方老夫人一時心酸難忍,竟哽咽得說不出話,只拿了帕子按住眼角。
嚴冰忙勸道:“老夫人千萬莫要如此傷心,您這身子還沒好利落……”
旁邊的玉嬤嬤一臉戚色,過來端了茶盞,遞到方老夫人手上。
方老夫人啜了口茶,又深深吸了口氣,才平復了情緒,又道:“叫冰姐兒看笑話兒了,這年紀大了,就是眼窩子淺了。”

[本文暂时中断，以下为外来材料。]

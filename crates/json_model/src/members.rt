ghost use Rattle.std.specs.Prelude.{◌≡◌, ◌≢◌, [], ◌∷◌, length, false, IfSome, MatchOption, option_map};
ghost use Rattle.serde_json.specs.Find.{get_member};
ghost use Rattle.serde_json.specs.View.{view, members_view};
ghost use Rattle.json_model.specs.Members.{IsLone, given as given_of, is_vector_map as is_vector_map_of, is_vector as is_vector_of, is_chosen as is_chosen_of, chosen as chosen_of, is_one_known, only_name as only_name_of, lacks_array as lacks_array_of, lacks_choice as lacks_choice_of, is_of_array as is_of_array_of, takes_list as takes_list_of, refined as refined_of};
ghost use Rattle.json_model.specs.Places.{member_place as member_place_of, is_unknown as is_unknown_of};

use crate::constants::is_list_operator;
use crate::place::{Leaf, Object, Place};
use crate::table::{chooses, is_choice, member_place};
use serde_json::{Map, Value as Json};

/// The value of the object's member of that name.
fn member<'a>(members: &'a Map<String, Json>, name: &str) -> Option<&'a Json>
    ensures { option_map (λ v. view v.now) result ≡ get_member name.now (members_view members.now.entries) }
{
    members.get(name)
}

/// The value of the object's member of that name, where it is there and isn't null.
pub fn given<'a>(members: &'a Map<String, Json>, name: &str) -> Option<&'a Json>
    ensures { option_map (λ v. view v.now) result ≡ given_of name.now (members_view members.now.entries) }
{
    let value = member(members, name)?;
    if value.is_null() {
        return None;
    }
    Some(value)
}

/// Whether the map of these members is a vector: one of its fields has the name `__type__`.
fn is_vector(members: &Map<String, Json>) -> bool
    ensures { result ≡ is_vector_of (members_view members.now.entries) }
{
    let Some(json) = given(members, "fields") else {
        return false;
    };
    let Some(fields) = json.as_object() else {
        return false;
    };
    given(fields, "__type__").is_some()
}

/// Whether the object is a map, and a vector.
pub(crate) fn is_vector_map(object: Object, members: &Map<String, Json>) -> bool
    ensures { result ≡ is_vector_map_of object (members_view members.now.entries) }
{
    match object {
        Object::Map => is_vector(members),
        _ => false,
    }
}

/// Whether the member is one of the object's alternatives, and isn't left out.
fn is_chosen(object: Object, name: &str, json: &Json) -> bool
    ensures { result ≡ is_chosen_of object name.now (view json.now) }
{
    if json.is_null() && member_place(object, name).is_left_out(json) {
        return false;
    }
    is_choice(object, name)
}

/// The alternative that is given, with its name, where exactly one is.
fn only_chosen(object: Object, members: &Map<String, Json>) -> Option<(&str, &Json)>
    ensures { MatchOption result
        (length (chosen_of object (members_view members.now.entries)) ≢ 1)
        (λ kind. chosen_of object (members_view members.now.entries) ≡ (kind.0.now, view kind.1.now) ∷ []) }
{
    let mut only = None;
    for (name, value) in members {
        if !is_chosen(object, name.as_str(), value) {
            continue;
        }
        if only.is_some() {
            return None;
        }
        only = Some((name.as_str(), value));
    }
    only
}

/// The name of the alternative that is given; none, where there isn't just one.
#[tactic(auto, using(crate::proofs::Choices::no_only))]
fn only_name(object: Object, members: &Map<String, Json>) -> &str
    ensures { result.now ≡ only_name_of (chosen_of object (members_view members.now.entries)) }
{
    match only_chosen(object, members) {
        Some((name, _json)) => name,
        None => "",
    }
}

/// The alternative that is given, with its name, where exactly one is and it is known.
#[tactic(auto, using(crate::proofs::Choices::kind_known))]
pub(crate) fn only_choice(object: Object, members: &Map<String, Json>) -> Option<(&str, &Json)>
    ensures { MatchOption result
        (is_one_known object (chosen_of object (members_view members.now.entries)) ≡ false)
        (λ kind. (chosen_of object (members_view members.now.entries) ≡ (kind.0.now, view kind.1.now) ∷ []) × (is_unknown_of (member_place_of object kind.0.now) ≡ false)) }
{
    let Some((name, json)) = only_chosen(object, members) else {
        return None;
    };
    match object {
        // the alternatives of a value are the kinds that are known
        Object::Value => Some((name, json)),
        _ if member_place(object, name).is_unknown() => None,
        _ => Some((name, json)),
    }
}

/// The one member of a value: its kind, with its name and what stands under it.
#[derive(Clone, Copy)]
pub(crate) struct LoneScalar<'a> {
    pub leaf: Leaf,
    pub name: &'a str,
    pub json: &'a Json,
}

/// The scalar that a value is, where it has no other member. None for other objects, and where it is left out.
#[tactic(auto, using(crate::proofs::Lone::alone))]
pub(crate) fn lone_scalar(object: Object, members: &Map<String, Json>) -> Option<LoneScalar<'_>>
    ensures { IfSome result (λ scalar. IsLone object (members_view members.now.entries)
        scalar.leaf scalar.name.now (view scalar.json.now)) }
{
    let Object::Value = object else {
        return None;
    };
    if members.len() != 1 {
        return None;
    }
    let (key, json) = members.first_key_value()?;
    let name = key.as_str();
    let Place::Leaf(leaf) = member_place(Object::Value, name) else {
        return None;
    };
    if Place::Leaf(leaf).is_left_out(json) {
        return None;
    }
    Some(LoneScalar { leaf, name, json })
}

/// Whether the object must be an array among values, and isn't one.
fn lacks_array(object: Object, members: &Map<String, Json>) -> bool
    ensures { result ≡ lacks_array_of object (members_view members.now.entries) }
{
    match object {
        Object::ListOperand => only_name(Object::Value, members) != "arrayValue",
        _ => false,
    }
}

/// Whether the object must have exactly one of several members, or just an array, and hasn't.
pub(crate) fn lacks_choice(object: Object, members: &Map<String, Json>) -> bool
    ensures { result ≡ lacks_choice_of object (members_view members.now.entries) }
{
    if lacks_array(object, members) {
        return true;
    }
    if !chooses(object) {
        return false;
    }
    only_choice(object, members).is_none()
}

/// Whether a transform whose alternative has this name is one of an array.
fn is_of_array(name: &str) -> bool
    ensures { result ≡ is_of_array_of name.now }
{
    if name == "appendMissingElements" {
        return true;
    }
    name == "removeAllFromArray"
}

/// Whether the operator of a filter asks for a list of operands.
fn takes_list(members: &Map<String, Json>) -> bool
    ensures { result ≡ takes_list_of (members_view members.now.entries) }
{
    let Some(json) = given(members, "op") else {
        return false;
    };
    let Some(text) = json.as_str() else {
        return false;
    };
    is_list_operator(text)
}

/// What object it is by its alternative, or by its operator.
pub fn refined(object: Object, members: &Map<String, Json>) -> Object
    ensures { result ≡ refined_of object (members_view members.now.entries) }
{
    match object {
        Object::Write if only_name(object, members) == "delete" => Object::DeleteWrite,
        Object::Transform if is_of_array(only_name(object, members)) => Object::ArrayTransform,
        Object::FieldFilter if takes_list(members) => Object::ListFilter,
        Object::ListOperand => Object::Value,
        _ => object,
    }
}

嚴冰忙道:“老夫人哪里的話,您對小輩這愛重之心,讓冰姐兒也心酸得很。”
方老夫人繼續道:“冰姐兒素來就是個明白人,可咱們不提這背后的厲害關系,外頭的閑言碎語。老婆子一把年紀了,能有個什么想頭,無非就是盼著一大家子平平安安,便是死了,也得閉眼了。可如今,哎……”

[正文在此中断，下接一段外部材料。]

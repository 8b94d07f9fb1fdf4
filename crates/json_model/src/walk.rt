//! The walk through a tree in search of the fault that is reported.

ghost use Rattle.std.specs.Prelude.{◌≡◌, IfOk, codes};
ghost use Rattle.serde_json.specs.View.{view, items_view, members_view};
ghost use Rattle.json_model.specs.Ranks.{first_of_least};
ghost use Rattle.json_model.specs.Faults.{FirstOf, FaultsAt, ItemsFaults, MembersFaults, OwnName, Takes, CountsPath, levels_inside as levels_inside_of, own_faults, own_list_faults, depth_faults};
ghost use Rattle.json_model.specs.Members.{given as given_of, lacks_only as lacks_only_of};
ghost use Rattle.json_model.specs.Places.{required as required_of};

use crate::fault::{JsonFault, improve};
use crate::leaves::{bad_shape_unless, find_flat};
use crate::members::{given, is_vector_map, lacks_choice, lone_scalar, refined};
use crate::names::{count_names, find_in_field_name};
use crate::place::{Object, Place, Series};
use crate::reading::MAX_NESTING;
use crate::required::{find_missed, find_missing, later};
use crate::setting::Setting;
use crate::table::{item_place, member_place, required};
use document_keys::{NoMemory, Text};
use serde_json::{Map, Value as Json};
use std::alloc::Global;

/// What an object has in place of what is inside it.
fn own_fault(
    alloc: Global,
    object: Object,
    name: &str,
    members: &Map<String, Json>,
) -> Result<Option<JsonFault>, NoMemory>
    ensures { IfOk result (λ found. found
        ≡ first_of_least (own_faults object name.now (members_view members.now.entries))) }
{
    if lacks_choice(object, members) {
        return bad_shape_unless(alloc, false, name);
    }
    if is_vector_map(object, members) {
        return Ok(Some(JsonFault::Unsupported(Text::from_str(alloc, "vectorValue")?)));
    }
    Ok(None)
}

/// Whether the list must have exactly one item, and hasn't.
#[tactic(auto, using(crate::proofs::Walked::lacks_by))]
fn lacks_only(series: Series, items: &Vec<Json>) -> bool
    ensures { result ≡ lacks_only_of series (items_view items.now.items) }
{
    match series {
        Series::Names => items.len() != 1,
        _ => false,
    }
}

/// What a list has in place of what is inside it.
fn own_list_fault(
    alloc: Global,
    series: Series,
    name: &str,
    items: &Vec<Json>,
) -> Result<Option<JsonFault>, NoMemory>
    ensures { IfOk result (λ found. found
        ≡ first_of_least (own_list_faults series name.now (items_view items.now.items))) }
{
    bad_shape_unless(alloc, !lacks_only(series, items), name)
}

/// How many names the path under `fieldPath` has; none where it isn't a path.
#[tactic(auto, using(crate::proofs::Walked::no_given, crate::proofs::Walked::no_text_path, crate::proofs::Walked::counted, crate::proofs::Walked::no_names))]
fn count_path(alloc: Global, members: &Map<String, Json>) -> Result<u64, NoMemory>
    ensures { IfOk result (λ count. CountsPath
        (given_of (codes "fieldPath") (members_view members.now.entries)) count) }
{
    let Some(json) = given(members, "fieldPath") else {
        return Ok(0);
    };
    let Some(text) = json.as_str() else {
        return Ok(0);
    };
    let names = count_names(alloc, text)?;
    match names {
        Some(count) => Ok(count),
        None => Ok(0),
    }
}

/// How many levels of nesting an object takes up.
fn count_levels(alloc: Global, object: Object, members: &Map<String, Json>) -> Result<u64, NoMemory>
    ensures { IfOk result (λ levels. Takes object (members_view members.now.entries) levels) }
{
    match object {
        Object::Array | Object::Map | Object::Filter => Ok(1),
        Object::ArrayTransform => count_path(alloc, members),
        _ => Ok(0),
    }
}

/// How many levels there are inside an object where so many are left. The operand of a filter nests as deep as any value may.
fn levels_inside(object: Object, left: u64) -> u64
    ensures { result ≡ levels_inside_of object left }
{
    match object {
        Object::FieldFilter => MAX_NESTING,
        _ => left,
    }
}

/// An object that takes up more levels than there are is too deep.
fn depth_fault(limit: u64, levels: u64) -> Option<JsonFault>
    ensures { result ≡ first_of_least (depth_faults limit levels) }
{
    if limit < levels {
        return Some(JsonFault::TooDeep);
    }
    None
}

/// The first fault of the least kind of a tree at a place, under that name, where so many arrays and maps may nest; none when
/// the tree has no fault.
///
/// # Errors
/// `NoMemory` alone.
#[cycle(find)]
pub(crate) fn find_fault(
    alloc: Global,
    setting: &Setting<'_>,
    limit: u64,
    place: Place,
    name: &str,
    json: &Json,
) -> Result<Option<JsonFault>, NoMemory>
    ensures { IfOk result (λ found. FirstOf
        (FaultsAt setting.now limit place name.now (view json.now)) found) }
{
    match json {
        Json::Object(members) => {
            let Place::Object(object) = place else {
                return find_flat(alloc, setting, place, name, json);
            };
            if let Some(scalar) = lone_scalar(object, members) {
                return find_flat(
                    alloc,
                    setting,
                    Place::Leaf(scalar.leaf),
                    scalar.name,
                    scalar.json,
                );
            }
            if let Some(fault) = own_fault(alloc, object, name, members)? {
                return Ok(Some(fault));
            }
            let form = refined(object, members);
            let levels = count_levels(alloc, form, members)?;
            let mut fault = depth_fault(limit, levels);
            let left = limit.saturating_sub(levels);
            let inner = levels_inside(object, left);
            let inside = find_in_members(alloc, setting, inner, form, members)?;
            improve(&mut fault, inside);
            Ok(fault)
        }
        Json::Array(items) => {
            let Place::Series(series) = place else {
                return find_flat(alloc, setting, place, name, json);
            };
            if let Some(fault) = own_list_fault(alloc, series, name, items)? {
                return Ok(Some(fault));
            }
            find_in_items(alloc, setting, limit, series, name, items)
        }
        Json::Null | Json::Bool(_) | Json::Number(_) | Json::String(_) => {
            find_flat(alloc, setting, place, name, json)
        }
    }
}

/// The fault of the items of a list of that name.
#[cycle(find)]
fn find_in_items(
    alloc: Global,
    setting: &Setting<'_>,
    limit: u64,
    series: Series,
    name: &str,
    items: &Vec<Json>,
) -> Result<Option<JsonFault>, NoMemory>
    ensures { IfOk result (λ found. FirstOf
        (ItemsFaults setting.now limit series name.now (items_view items.now.items)) found) }
{
    let mut first = None;
    for item in items {
        let found = find_fault(alloc, setting, limit, item_place(series), name, item)?;
        improve(&mut first, found);
    }
    Ok(first)
}

/// The fault of a field's name, and none of other members' names.
fn find_in_name(alloc: Global, object: Object, name: &str) -> Result<Option<JsonFault>, NoMemory>
    ensures { IfOk result (λ found. FirstOf (OwnName object name.now) found) }
{
    match object {
        Object::Fields => find_in_field_name(alloc, name),
        _ => Ok(None),
    }
}

/// The fault of the members of an object.
#[cycle(find)]
fn find_in_members(
    alloc: Global,
    setting: &Setting<'_>,
    limit: u64,
    object: Object,
    members: &Map<String, Json>,
) -> Result<Option<JsonFault>, NoMemory>
    ensures { IfOk result (λ found. FirstOf
        (MembersFaults setting.now limit object (required_of object)
        (members_view members.now.entries)) found) }
{
    let mut first = None;
    let mut names = required(object);
    for (key, member) in members {
        let name = key.as_str();
        let missed = find_missed(alloc, object, names, name, member)?;
        improve(&mut first, missed);
        names = later(names, name);
        let inside = member_place(object, name);
        if inside.is_left_out(member) {
            continue;
        }
        let mut own = find_in_name(alloc, object, name)?;
        let found = find_fault(alloc, setting, limit, inside, name, member)?;
        improve(&mut own, found);
        improve(&mut first, own);
    }
    let last = find_missing(alloc, object, names)?;
    improve(&mut first, last);
    Ok(first)
}
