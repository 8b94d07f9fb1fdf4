use crate::side::Side;
use document_keys::Database;
use std::marker::Model;

/// Whose trees are read: the side that wrote them, and the database that their names are of.
#[derive(Debug, Drop)]
pub struct Setting<'a> {
    pub side: Side,
    pub root: &'a Database,
}

impl<'a> Model for Setting<'a> {
    ghost use Rattle.json_model.specs.Origin.{Origin};

    ghost Value = { Origin };

    ghost view = { λ setting. record { side = setting.side; root = setting.root.now } };
}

一則,這劉夫人后頭關著的劉家;再者說,這錢將軍發妻沒了,續娶又是如此……
其中關隘,嚴冰心中俱都有數,卻也只能安慰道:“老夫人莫急,老夫人對夫人愛重之情,夫人必能感知,老夫人不妨多和夫人說說話兒,也好叫夫人及早清醒過來。”
方老夫人點點頭道:“昨日里,老身問過那小師傅,已經知曉冰姐兒這病,也是他幫著調治的。老身觀那小師傅,雖年紀小,醫術卻是極好的,今日那小師傅問病情時,似乎有些未盡之語,還請冰姐兒幫著探問探問,若是有何不妥,也好叫老婆子心里有數才是。”

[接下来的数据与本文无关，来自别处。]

//! Objects that are put together member by member.

ghost use Rattle.std.specs.Prelude.{◌≡◌, OnOk, IfOk, option_map};
ghost use Rattle.serde_json.specs.Data.{string, put};
ghost use Rattle.serde_json.specs.View.{view, items_view, members_view};
ghost use Rattle.json_model.specs.Forms.{unless_empty as unless_empty_of};
ghost use Rattle.json_model.specs.Objects.{with_given};

use document_keys::NoMemory;
use serde_json::{Map, Value as Json};
use std::alloc::Global;

/// Puts the member into the object, in its place in the order of names.
///
/// # Errors
/// `NoMemory`
pub fn put_member(
    alloc: Global,
    members: &mut Map<String, Json>,
    name: &str,
    json: Json,
) -> Result<(), NoMemory>
    ensures { OnOk result (members_view members.new.entries
        ≡ put name.now (view json) (members_view members.old.entries)) }
{
    let name = String::from_str(alloc, name)?;
    members.insert(name, json)?;
    Ok(())
}

/// Puts the member into the object, unless it is left out.
///
/// # Errors
/// `NoMemory`
pub fn put_given(
    alloc: Global,
    members: &mut Map<String, Json>,
    name: &str,
    json: Option<Json>,
) -> Result<(), NoMemory>
    ensures { OnOk result (members_view members.new.entries
        ≡ with_given name.now (option_map view json) (members_view members.old.entries)) }
{
    match json {
        Some(json) => put_member(alloc, members, name, json),
        None => Ok(()),
    }
}

/// A text as a tree.
///
/// # Errors
/// `NoMemory`
pub fn text_tree(alloc: Global, text: &str) -> Result<Json, NoMemory>
    ensures { IfOk result (λ json. view json ≡ string text.now) }
{
    Ok(Json::String(String::from_str(alloc, text)?))
}

/// A list as a tree, unless it is empty.
#[tactic(auto, using(crate::proofs::Shown::list_shown))]
pub fn unless_empty(items: Vec<Json>) -> Option<Json>
    ensures { option_map view result ≡ unless_empty_of (items_view items.items) }
{
    if items.is_empty() {
        return None;
    }
    Some(Json::Array(items))
}
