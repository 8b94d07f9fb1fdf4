ghost use Rattle.std.specs.Prelude.{◌≡◌};
ghost use Rattle.json_model.specs.Printed.{state_text as state_text_of};

use value_model::DocState;

/// How a state is printed.
pub fn state_text(state: DocState) -> &'static str
    ensures { result.now ≡ state_text_of state }
{
    match state {
        DocState::Synced => "synced",
        DocState::Pending => "pending",
        DocState::Committed => "committed",
        DocState::Unknown => "unknown",
    }
}
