//! Required members, as a walk over an object's members in their order finds them missing.

ghost use Rattle.std.specs.Prelude.{◌≡◌, map, IfOk};
ghost use Rattle.serde_json.specs.View.{view};
ghost use Rattle.json_model.specs.Faults.{missing as missing_of, missing_fault as missing_fault_of};
ghost use Rattle.json_model.specs.Members.{missed, later as later_of};
ghost use Rattle.json_model.specs.Ranks.{first_of_least};

use crate::fault::{JsonFault, NamingFault};
use crate::names::bad_name;
use crate::place::Object;
use document_keys::{NoMemory, Text};
use serde_json::Value as Json;
use std::alloc::Global;
use std::cmp::Ordering;

/// The fault of a required member that is missing. The path of a field and the id of a collection then count as the empty text.
fn missing_fault(alloc: Global, object: Object, name: &str) -> Result<JsonFault, NoMemory>
    ensures { IfOk result (λ fault. fault ≡ missing_fault_of object name.now) }
{
    match object {
        Object::Field => bad_name(alloc, NamingFault::BadPath, ""),
        Object::Selector => bad_name(alloc, NamingFault::BadSegment, ""),
        _ => Ok(JsonFault::BadShape(Text::from_str(alloc, name)?)),
    }
}

/// The fault of required members that are missing: that of the first.
#[tactic(auto, using(crate::proofs::Missing::told_first))]
pub(crate) fn find_missing(
    alloc: Global,
    object: Object,
    names: &[&'static str],
) -> Result<Option<JsonFault>, NoMemory>
    ensures { IfOk result (λ found. found
        ≡ first_of_least (missing_of object (map (λ name. name.now) names.now))) }
{
    match names {
        [] => Ok(None),
        [first, ..] => Ok(Some(missing_fault(alloc, object, first)?)),
    }
}

/// The fault of those of the required members that a member shows to be missing.
#[tactic(auto, using(crate::proofs::Missing::told_missed))]
pub(crate) fn find_missed(
    alloc: Global,
    object: Object,
    names: &[&'static str],
    name: &str,
    json: &Json,
) -> Result<Option<JsonFault>, NoMemory>
    ensures { IfOk result (λ found. found
        ≡ first_of_least (missing_of object
        (missed name.now (view json.now) (map (λ name. name.now) names.now)))) }
{
    let [first, ..] = names else {
        return Ok(None);
    };
    let first: &str = first;
    let is_missing = match first.cmp(name) {
        Ordering::Less => true,
        Ordering::Equal => json.is_null(),
        Ordering::Greater => false,
    };
    if !is_missing {
        return Ok(None);
    }
    Ok(Some(missing_fault(alloc, object, first)?))
}

/// The required members that are still to come behind the member of that name.
pub(crate) fn later<'a>(names: &'a [&'static str], name: &str) -> &'a [&'static str]
    ensures { map (λ name. name.now) result.now ≡ later_of name.now (map (λ name. name.now) names.now) }
{
    match names {
        [] => names,
        [first, others @ ..] => {
            let first: &str = first;
            match first.cmp(name) {
                Ordering::Less => later(others, name),
                Ordering::Equal => others,
                Ordering::Greater => names,
            }
        }
    }
}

嚴冰立即知曉,這方老夫人前頭雖是情之所至,可這用意,也便在此了。嚴冰雖心中明白,卻也無可推脫,只得點頭道:“如此,冰兒知道了,這便去找找小師傅,問明情況,再來稟報老夫人。”
方老夫人點點頭,正要說話,外頭卻有個小丫鬟進來報道:“老夫人,錢管事回來了,說是有事要稟。”
嚴冰當即站起來屈膝道:“老夫人,冰兒這便去了,還請老夫人放寬心,夫人吉人自有天相,定會好起來的。”